Briefly: HP goes SDN; el cheapo tablets
A new direction for HP as the company plans to create a smartphone style developer’s kit and app store for enterprise level customers toying with software-defined networking.
The company says it plans to build what it calls an ‘ecosystem’ around SDN or more precisely its SDN controllers and OpenFlow, the company’s SDN protocol. However HP emphasises its plans are open and the technologies will support other equipment maker’s kit.
Software-defined networks are the next big thing, but it is still relatively new so HP’s early move into the space is borderline visionary. Of course the support of a major player like HP means SDN is more likely to take off.
What’s interesting for entrepreneurial tech-savvy New Zealanders is the software development kit and app store lowers the barriers to entry into what could become a gold mine.
The developer’s kit is due to land next month while the app store is expected to open for business early in the new year.

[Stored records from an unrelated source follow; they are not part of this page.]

// The notes that a run of a script takes: behind each line, from its words, its outcome, and how many marks the tables count.
// `due` holds the copies that a flush keeps for its answer.
#![tactic(auto)]

ghost use Rattle.std.specs.Prelude.{◌≡◌, ◌+◌, ◌≤◌};
ghost use Rattle.spec_network.specs.Opening.{most_classes, most_slots};
ghost use Rattle.sim_notes.specs.Noted as noted;

use ask_refusal::Refusal;
use ask_tables::{MOST_SLOTS, cell};
use call_log::Tallied;
use call_reply::Value;
use sim_figures::{Figures, Five, Said, Tally};
use sim_lend::Network;
use sim_outcome::Outcome;
use sim_script::{Accept, Call, Change};

// Where a copy has its sequence. By its place, since `cell` reads 0 behind the end of a table; a Copy asks for all of its words.
const SEQUENCE: usize = table_delivery::WIDTH;

const CLASSES: u64 = ask_tables::MOST_CLASSES;

// How many words the due copies have.
pub const WIDTH: usize = MOST_SLOTS as usize * table_waiting::WIDTH;

// How many marks stand, of all tills.
pub fn marks(setup: &[u64], seen: &[u64]) -> u64
    ensures { result ≡ noted.marks_in setup.now seen.now }
{
    let n = cell(setup, ask_tables::TILLS).min(ask_tables::MOST_TILLS);
    let mut total: u64 = 0;
    for t in 0..n {
        total = total.wrapping_add(cell(seen, t as usize));
    }
    total
}

// How many words of the log's table an opening uses.
fn log_size(setup: &[u64]) -> usize
    ensures { result ≡ noted.log_words setup.now }
{
    let slots = cell(setup, ask_tables::LOG_SLOTS).min(MOST_SLOTS) as usize;
    table_log::RECORDS + slots * table_delivery::WIDTH
}

// The tally of a class.
fn tally(figures: &mut Figures, setup: &[u64], log: &[u64], class: u64)
    ensures { figures.new ≡ noted.class_tallied figures.old setup.now log.now «class» }
{
    let t = Tallied::from(call_log::tally_of(setup, log, class));
    let tally = Tally {
        deliveries: t.deliveries,
        bytes: t.bytes,
    };
    figures.tallied(class, tally);
}

// The tallies of every class, in a log of the opening's size.
fn tallies_of(figures: &mut Figures, setup: &[u64], log: &[u64])
    ensures { figures.new ≡ noted.tallies_of figures.old setup.now log.now most_classes }
{
    for class in 0..CLASSES {
        tally(figures, setup, log, class);
    }
}

// The log's tallies of every class.
fn tallies(figures: &mut Figures, setup: &[u64], log: &[u64])
    ensures { figures.new ≡ noted.tallies_note figures.old setup.now log.now }
{
    tallies_of(figures, setup, sim_lend::part(log, log_size(setup)));
}

// Before a line: a drain takes the tallies away.
#[tactic(auto, unfolding(crate::specs::Noted::before_note))]
pub fn before(figures: &mut Figures, call: Call<'_>, setup: &[u64], log: &[u64])
    ensures { figures.new ≡ noted.before_note figures.old call.entry setup.now log.now }
{
    if let Call::Drain = call {
        tallies(figures, setup, log);
    }
}

// A copy that was due, at `at`: landed where it is the row at `row`, else dropped; where the next row stands then.
fn due_copy(figures: &mut Figures, due: &[u64], at: usize, out: &[u64], row: usize) -> usize
    requires { (at ≤ noted.copies_end) × (row ≤ noted.rows_end) }
    ensures is { noted.noted figures.new result ≡ noted.due_note (noted.noted figures.old row) due.now out.now at }
    ensures within { result ≤ row + noted.row_width }
{
    if cell(due, at + SEQUENCE) == cell(out, row + SEQUENCE) {
        figures.row(out, row);
        return row + call_flush_pass::ROW;
    }
    figures.drops(due, at);
    row
}

// The first n copies that were due.
fn due_copies(figures: &mut Figures, due: &[u64], n: u64, out: &[u64])
    requires { n ≤ most_slots }
    ensures { figures.new ≡ (noted.due_notes figures.old due.now out.now n).held }
{
    let mut row: usize = 0;
    for i in 0..n {
        row = due_copy(figures, due, i as usize * table_waiting::WIDTH, out, row);
    }
}

// Words of so many rows.
fn rows_size(rows: u64) -> usize
    ensures { result ≡ noted.rows_words rows }
{
    let n = rows.min(MOST_SLOTS) as usize;
    n * call_flush_pass::ROW
}

// A flush, at which so many copies were due; `gone` marks went. What lies behind the rows is older.
fn flushed(figures: &mut Figures, due: &[u64], said: Said, copies: u64, gone: u64, out: &[u64])
    ensures { figures.new ≡ noted.flush_note figures.old due.now said copies gone out.now }
{
    let n = copies.min(MOST_SLOTS);
    due_copies(figures, due, n, sim_lend::part(out, rows_size(said.rows)));
    figures.flushed(said, gone);
}

// An accepted message.
#[tactic(auto, unfolding(crate::specs::Noted::accept_note))]
fn accepted(figures: &mut Figures, message: Accept<'_>, five: Five, net: &[u64])
    ensures { figures.new ≡ noted.accept_note figures.old message.entry five net.now }
{
    let sequence = cell(net, ask_tables::SEQUENCE);
    figures.accepted(message.from, message.scope, message.opens, five, sequence);
}

// A call that no question refused, by what it told.
#[tactic(auto, unfolding(crate::specs::Noted::taken_note))]
fn taken(
    figures: &mut Figures,
    due: &[u64],
    call: Call<'_>,
    told: Outcome,
    gone: u64,
    network: &Network<'_>,
)
    ensures { figures.new ≡ noted.taken_note figures.old due.now call.entry told gone network.now.net.now network.now.out.now }
{
    match (call, told) {
        (Call::Accept(message), Outcome::Accepted(five)) => {
            accepted(figures, message, five, network.net)
        }
        (Call::Flush(_), Outcome::Flushed { said, due: n }) => {
            flushed(figures, due, said, n, gone, network.out)
        }
        (Call::Change(Change::Down { till }), Outcome::Done) => figures.went_down(till, gone),
        (Call::Change(Change::Up { till, shards }), Outcome::Done) => figures.came_up(till, shards),
        _ => {}
    }
}

// Behind a line: what became of it; so many marks stood before it.
#[tactic(auto, unfolding(crate::specs::Noted::after_note))]
pub fn after(
    figures: &mut Figures,
    due: &[u64],
    call: Call<'_>,
    told: Outcome,
    stood: u64,
    network: &Network<'_>,
)
    ensures { figures.new ≡ noted.after_note figures.old due.now call.entry told stood
        network.now.setup.now network.now.net.now network.now.seen.now network.now.out.now }
{
    match told {
        Outcome::Bad => {}
        Outcome::Refused(refusal) => figures.refused(refusal.number()),
        _ => {
            let gone = stood.saturating_sub(marks(network.setup, network.seen));
            taken(figures, due, call, told, gone, network)
        }
    }
}

// Behind an opening: its answer, the line's tills and log slots; its masks stand in the network's room.
#[tactic(auto, unfolding(crate::specs::Noted::opening_note))]
pub fn opened(
    figures: &mut Figures,
    answer: Result<(), Refusal>,
    tills: u64,
    log: u64,
    network: &Network<'_>,
)
    ensures { figures.new ≡ noted.opening_note figures.old answer tills network.now.out.now log network.now.net.now }
{
    match answer {
        Ok(()) => {
            let first = cell(network.net, ask_tables::SEQUENCE);
            figures.opened(tills, network.out, log, first);
        }
        Err(refusal) => figures.refused(refusal.number()),
    }
}

// The first n copies that wait.
fn waiting_copies(figures: &mut Figures, waiting: &[u64], n: u64)
    requires { n ≤ most_slots }
    ensures { figures.new ≡ noted.waits_of figures.old waiting.now n }
{
    for i in 0..n {
        figures.waits(waiting, i as usize * table_waiting::WIDTH);
    }
}

// How many words of the table of waiting copies an opening uses.
fn wait_size(setup: &[u64]) -> usize
    ensures { result ≡ noted.wait_words setup.now }
{
    let slots = cell(setup, ask_tables::WAIT_SLOTS).min(MOST_SLOTS) as usize;
    slots * table_waiting::WIDTH
}

// What is in transit to a till, as the reading says.
fn transit(figures: &mut Figures, setup: &[u64], net: &[u64], waiting: &[u64], t: u64)
    ensures { figures.new ≡ noted.till_transit figures.old setup.now net.now waiting.now t }
{
    let r = Value::from(call_waiting::in_transit(setup, net, waiting, t));
    figures.in_transit(t, r.value);
}

// What is in transit to the first n tills, in a table of the opening's size.
fn transits_of(figures: &mut Figures, setup: &[u64], net: &[u64], waiting: &[u64], n: u64)
    ensures { figures.new ≡ noted.transits_of figures.old setup.now net.now waiting.now n }
{
    for t in 0..n {
        transit(figures, setup, net, waiting, t);
    }
}

// What is in transit to every till.
fn transits(figures: &mut Figures, setup: &[u64], net: &[u64], waiting: &[u64])
    ensures { figures.new ≡ noted.transits_note figures.old setup.now net.now waiting.now }
{
    let n = cell(setup, ask_tables::TILLS).min(ask_tables::MOST_TILLS);
    transits_of(
        figures,
        setup,
        net,
        sim_lend::part(waiting, wait_size(setup)),
        n,
    );
}

// At the end: what waits, what is in transit, the tallies that stand, the marks that stand.
pub fn ended(figures: &mut Figures, network: &Network<'_>)
    ensures { figures.new ≡ noted.end_note figures.old network.now.setup.now network.now.net.now network.now.seen.now network.now.waiting.now network.now.log.now }
{
    let n = cell(network.net, ask_tables::WAITING).min(MOST_SLOTS);
    waiting_copies(figures, network.waiting, n);
    transits(figures, network.setup, network.net, network.waiting);
    tallies(figures, network.setup, network.log);
    figures.stands(marks(network.setup, network.seen));
}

- How cheap can tablets go? Laser Corporation is selling a seven inch el cheapo Android tablet in Australian stores for $129 – by the time exchange rates and GST differences kick in that’s about NZ$160. It will almost certainly land here – it comes with built-in maps of Australia and New Zealand.
- Is there a role for small technology consulting companies in New Zealand’s all-of-government procurement system? Usually the onerous requirements set too high a barrier for micro-businesses but as an anonymous story in the latest IITP newsletter reports, there could be a workaround.
- The Entrepreneurial Organisation of NZ – no, I’ve never heard of it before either but it’s a good idea – wants to promote business-like thinking in the nation’s youth. The organisation wants to send a local student to Washington DC to compete against other student business owners for the title of Top Global Student Entrepreneur. At the time of writing there’s no information on the organisation’s website, but entrants are asked to send a one or two page business overview to Tony Falkenstein tf@jwi.co.nz by 25 October – presumably he can answer any questions you might have about the award too.
- Technology companies feature among the finalists in the search for the Kenexa 2013 New Zealand Best Workplaces. Vend, Microsoft New Zealand, Leading Edge Communications, Trademe, Provoke, ClearPoint and Brother International all made the list.